Çoğu hastada tipik belirtilerin görülmediğine dikkat çeken Uzm. Dr. Ömer Faruk Yolcu, şöyle devam etti:
“Anemi, yorgunluk, gaz ve karında şişkinlik, rahatsızlık, kemik erimesi, infertilite artık daha sık görülür. Çölyak hastalığının tanısı için özel kan tetkikleri yapılır. Bunlarda pozitiflik varsa, oniki parmak bağırsağından biyopsi alınıp değerlendirilir. Biyopside çölyak hastalığı ile uyumlu değişiklikler saptandığında tanı konulur.
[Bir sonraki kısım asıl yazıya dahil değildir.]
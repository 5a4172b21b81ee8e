// Whether the hashes of a transaction's cells are those of what the cells hold.
#![tactic(auto)]

ghost use Rattle.std.specs.Prelude.{◌≡◌, Ok};
ghost use Rattle.protocol.specs.Rows.{decide};
ghost use Rattle.scene_table.specs.Slices.{scene_of};
ghost use Rattle.scene_table.specs.Places.{cell_in};
ghost use Rattle.cell_search.specs.Search.{cells_of};
ghost use Rattle.cell_hashes.specs.Hashes.{hash_agrees, cell_hash_rows, cells_hash_rows, hash_rows};

use blake2b::ckb_hash;
use cell_search::{Source, cell_count, cell_places};
use octets::{part_at, same_bytes};
use protocol::{ProtocolError, require};
use scene_table::{CellPlaces, LentSlices};

// Whether there are no bytes, or the hash is CKB's hash of them.
#[tactic(auto, unfolding(crate::specs::Hashes::hash_agrees))]
fn hash_agrees(hash: &[u8], bytes: &[u8]) -> bool
    ensures { result ≡ hash_agrees hash.now bytes.now }
{
    bytes.is_empty() || same_bytes(hash, &ckb_hash(bytes))
}

// The hashes of the cell at its places: type before data.
#[tactic(auto, unfolding(protocol::specs::Rows::decide, scene_table::specs::Lent::cell_from, crate::specs::Hashes::cell_hash_rows))]
fn check_cell(store: &[u8], cell: CellPlaces) -> Result<(), ProtocolError>
    ensures { result ≡ decide (Ok tt) (cell_hash_rows (cell_in store.now cell)) }
{
    let type_agrees = hash_agrees(
        part_at(store, cell.type_hash),
        part_at(store, cell.type_script),
    );
    require(type_agrees, ProtocolError::HashMismatch)?;
    let data_agrees = hash_agrees(part_at(store, cell.data_hash), part_at(store, cell.content));
    require(data_agrees, ProtocolError::HashMismatch)
}

// The hashes of the cells of a list, up to the first that differs.
#[tactic(auto, using(crate::proofs::HashLaws::cells_found), unfolding(protocol::specs::Rows::decide))]
fn check_cells(scene: &LentSlices, source: Source) -> Result<(), ProtocolError>
    ensures { result ≡ decide (Ok tt) (cells_hash_rows (cells_of source (scene_of scene.now))) }
{
    for i in 0..cell_count(scene.table, source) {
        check_cell(scene.store, cell_places(scene.table, source, i))?;
    }
    Ok(())
}

// The hashes of all cells: 40 where one differs from what the cell holds.
#[tactic(auto, using(protocol::proofs::AllPass::deciding), unfolding(crate::specs::Hashes::hash_rows))]
pub fn check_hashes(scene: &LentSlices) -> Result<(), ProtocolError>
    ensures { result ≡ decide (Ok tt) (hash_rows (scene_of scene.now)) }
{
    check_cells(scene, Source::Input)?;
    check_cells(scene, Source::Output)?;
    check_cells(scene, Source::CellDep)
}
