// Lower-case hexadecimal digits.
ghost use Rattle.std.specs.Prelude.{◌≡◌, cond, ◌+◌, ◌-◌, ◌/◌, ◌<◌, ◌≤◌, length};
ghost use Rattle.std.proofs.lemmas.List.Edits.{sets};
ghost use Rattle.text.specs.Text.{in_range, is_hex, hex_val, hex_ok, hex_bytes};

// Whether x is a digit.
fn is_hex(x: u8) -> bool
    ensures { result ≡ is_hex x }
{
    matches!(x, b'0'..=b'9' | b'a'..=b'f')
}

// x less base where x is from low to high, else 0.
fn offset(x: u8, low: u8, high: u8, base: u8) -> u8
    requires { base ≤ low }
    ensures value { result ≡ cond (in_range low high x) (x - base) 0 }
    ensures upper_bound { result ≤ high - base }
{
    if low <= x && x <= high { x - base } else { 0 }
}

// The value of a digit; 0 for any other byte. It is a sum, of which one part is 0, since a branch on random digits is slow.
#[tactic(auto, using(crate::proofs::HexLaws::hex_sums))]
pub fn hex_value(x: u8) -> u8
    ensures value { result ≡ hex_val x }
    ensures upper_bound { result < 16 }
{
    offset(x, b'0', b'9', b'0') + offset(x, b'a', b'f', b'a' - 10)
}

// Whether s has two digits for each byte.
#[tactic(auto, unfolding(crate::specs::Text::hex_ok), using(octets::proofs::Every::every_turns))]
pub fn hex_ok(s: &[u8]) -> bool
    ensures { result ≡ hex_ok s.now }
{
    let mut ok = s.len() % 2 == 0;
    for &byte in s {
        ok &= is_hex(byte);
    }
    ok
}

#[tactic(auto, using(crate::proofs::HexLaws::hex_turns))]
fn decode_within(src: &[u8], dst: &mut [u8], at: usize)
    requires { at + length src.now / 2 ≤ length dst.old }
    ensures { dst.new ≡ sets dst.old at (hex_bytes src.now) }
{
    for i in 0..src.len() / 2 {
        dst[at + i] = hex_value(src[2 * i]) * 16 + hex_value(src[2 * i + 1]);
    }
}

// Stores the bytes that src has the digits of into dst, from at on.
#[tactic(auto, using(octets::proofs::Stores::store_laws, crate::proofs::HexLaws::hex_takes))]
pub fn decode(src: &[u8], dst: &mut [u8], at: usize)
    ensures { dst.new ≡ sets dst.old at (hex_bytes src.now) }
{
    if at < dst.len() {
        let room = dst.len() - at;
        if src.len() / 2 <= room {
            decode_within(src, dst, at);
        } else {
            decode_within(&src[..2 * room], dst, at);
        }
    }
}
Uzun süre tanı almayıp tedavi olmayan çölyak hastalığının yol açtığı diğer problemler otoimmün hastalıklar, kemik erimesi, bağırsak lenfomasıdır. Hasta kişinin gluten almaması, eksik olan vitaminlerin verilmesi sağlanır.”
Glutensiz diyet hakkında da bilgilendirmede bulunan Uzm. Dr. Ömer Faruk Yolcu, “Glutensiz diyet buğday, çavdar, arpa ve yulaf içeren tüm gıdaların tüketilmemesidir. Mısır, patates, pirinç, soya ununda gluten bulunmaz. Diyete uyulması ile yaşam kalitesi ve şikâyetleri düzelir. Bu diyet ömür boyu sürmelidir. Birinci derece akrabalarında çölyak olan, açıklanamayan ishal, şişkinlik, gaz şikâyetleri, açıklanmayan demir eksikliği anemisi, vitamin E veya K eksikliği, osteoporoz, hipokalsemi, açıklanamayan karaciğer testlerinde bozukluk olan kişilerde çölyak testleri yapılmalıdır” ifadelerine yer verdi.